Рядом стояла железнодорожная платформа со свинцовым КУНГом[20 - КУНГ – аббревиатура, обозначающая "кузов унифицированный нулевого (нормального) габарита" (или кузов унифицированный герметизированный).]. Наверное, это было убежище. Окон в нём не было. Были только смотровые щели с толстым многослойным плексигласом[21 - Плексиглас – органическое стекло.] и тоже многослойными свинцовыми жалюзи-ставнями. Он весь был какой-то многослойный, как будто его набирали, как сложный пирог, в нужную толщину, скручивая полусантиметровые свинцовые пластины болтами. Тяжёлая дверь открылась хоть и с усилием, но свободно. Внутри, в полумраке, не было ничего, только два ввинченных, как на тепловозе, в пол вращающихся стула да приборы и рычаги управления. К этой платформе, видимо, подсоединяли локомотив и уже из КУНГа управляли составом. Я старательно померил дозиметром и снаружи, и внутри – всё чисто.
– Дезактивировано! – блеснул я умным словом. – К тому же свинец радиации не набирает, – продолжил я умничать, вспоминая, чего понабрался на химсборах.

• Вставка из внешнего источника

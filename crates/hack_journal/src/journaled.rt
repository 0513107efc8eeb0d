//! Files that keep what they replace: what a path holds is first written to a journal.
//!
//! Wherever the program ends, each path holds what it held at first, or the journal has it, and
//! [`crate::recover::recover`] puts it back.
//!
//! A write is refused by the files below, or because the journal can't keep what it replaces: then an
//! [`Unkept`] is told of it. It keeps edits of manifests alone, since the next call restores nothing
//! for a journal that names anything else.

ghost use Rattle.std.specs.Prelude.{◌≡◌, ◌<◌, ◌+◌, [], ◌∷◌, ℕ, None, Some, length, Ok, false, true};
ghost use Rattle.std.specs.Prelude.{IfOk, OnOk, OnErr, IsTrue, IsSome, ◌↔◌, string_bytes};
ghost use Rattle.hack_files.specs.Files.{Contents, CountsFailedCall, KeepsOthers, KeepsAll};
ghost use Rattle.hack_files.specs.Files.{Makes, MakesOrNot, puts, refused_path};
ghost use Rattle.hack_journal.specs.Keeping.{FailsToChange, TellsItsOwn};
ghost use Rattle.hack_journal.specs.Rows.{spot_of, file_at, is_of_journal, KeepsBeside, RemovesOwn};
ghost use Rattle.hack_journal.specs.SafeFiles.{HoldsUnkept, SomeEntryHasBytes, AreBack};
ghost use Rattle.hack_journal.specs.SafeFiles.{IsJournaled, Stays, trace_besides, without};
ghost use Rattle.hack_journal.specs.Internal.{ShortensRow};
ghost use Rattle.hack_journal.specs.Refusing.{IsCounted, IsRefusedOrUnkept};

use crate::contents::are_back;
use crate::notes::Notes;
use crate::place::JournalPlace;
use crate::unkept::{Refusal, Unkept};
use hack_files::fs::{FileFault, Files, JournalFiles, count_failure, counted};
use std::alloc::Global;
use std::io;

/// Files over other files, with a journal. The journal is none of the files: paths that begin with
/// its own hold nothing, and can't be read or written.
///
/// Each edit adds a file to the journal's row, so its cost doesn't grow with the edits before it.
#[derive(Drop)]
pub struct Journaled<F: Files, U: Unkept> {
    pub(crate) alloc: Global,
    pub(crate) files: F,
    pub(crate) folder: String,
    pub(crate) notes: Notes,
    failures: u64,
    unkept: U,
}

impl<F: Files, U: Unkept> Journaled<F, U> {
    ghost use Rattle.hack_journal.specs.FileCalls.{spot_in};

    /// Files over these, of which nothing is kept yet, with no failed call counted. The journal is
    /// written to this place before the first change; one that is there already would be lost, so
    /// call `recover` first. `unkept` is told of each write that can't be kept.
    pub fn new(alloc: Global, files: F, place: JournalPlace, unkept: U) -> Self
        ensures place { spot_in result ≡ spot_of place }
        ensures files { result.files ≡ files }
        ensures unkept { result.unkept ≡ unkept }
        ensures failures { result.failures ≡ 0 }
        ensures begun { F.bytes_at files (string_bytes place.journal) ≡ None →
            IsJournaled (spot_in result) (F.bytes_at files)
            result.notes.entries (F.bytes_at result.files) }
    {
        Journaled {
            alloc,
            files,
            folder: place.folder,
            notes: Notes::new(alloc, place.journal),
            failures: 0,
            unkept,
        }
    }

    /// Returns the files below, and who was told of what couldn't be kept. A journal there stays.
    pub fn into_inner(self) -> (F, U)
        ensures files { result.0 ≡ self.files }
        ensures unkept { result.1 ≡ self.unkept }
    {
        (self.files, self.unkept)
    }
}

Был апрель, светило солнце, щебетали какие-то птички. Вдоль дороги вся насыпь была усыпана респираторами, драными противогазами, пустыми бутылками и ещё каким-то вытаявшим барахлом. То там, то тут сквозь мусор, грязь и почерневший снег уже пробивалась молодая трава.
– А тепловоз, наверное, в могильнике, – задумчиво сказал кто-то.
Могильник железнодорожной техники скорее напоминал отстойник. Вагоны, платформы и локомотивы просто стояли в зоне под открытым небом. В феврале, когда ещё лежал снег и рельсы под ним не было видно, казалось, что техника стоит просто в чистом поле. То ли в ожидании дезактивации, то ли пока само выветрится.
На следующий день мы купили в аптеке резиновый бинт и понаделали рогаток. А в выходной скрутили с жалюзи свинцовую пластину поменьше, порубили её мелко на кубики и пошли стрелять по бутылкам.
МИШКА
Да, мы не были героями. Героями были те пожарные, спасатели и вертолётчики, которые приняли первый удар, которые знали, на что шли, знали цену, которую придётся заплатить. Может быть, я ошибаюсь, но думаю, что героизм подразумевает некую свободу воли и понимание. Оглядываясь назад, могу сказать, что у нас не было ни того ни другого. Всё было просто. Нам просто приказывали, а мы просто жили.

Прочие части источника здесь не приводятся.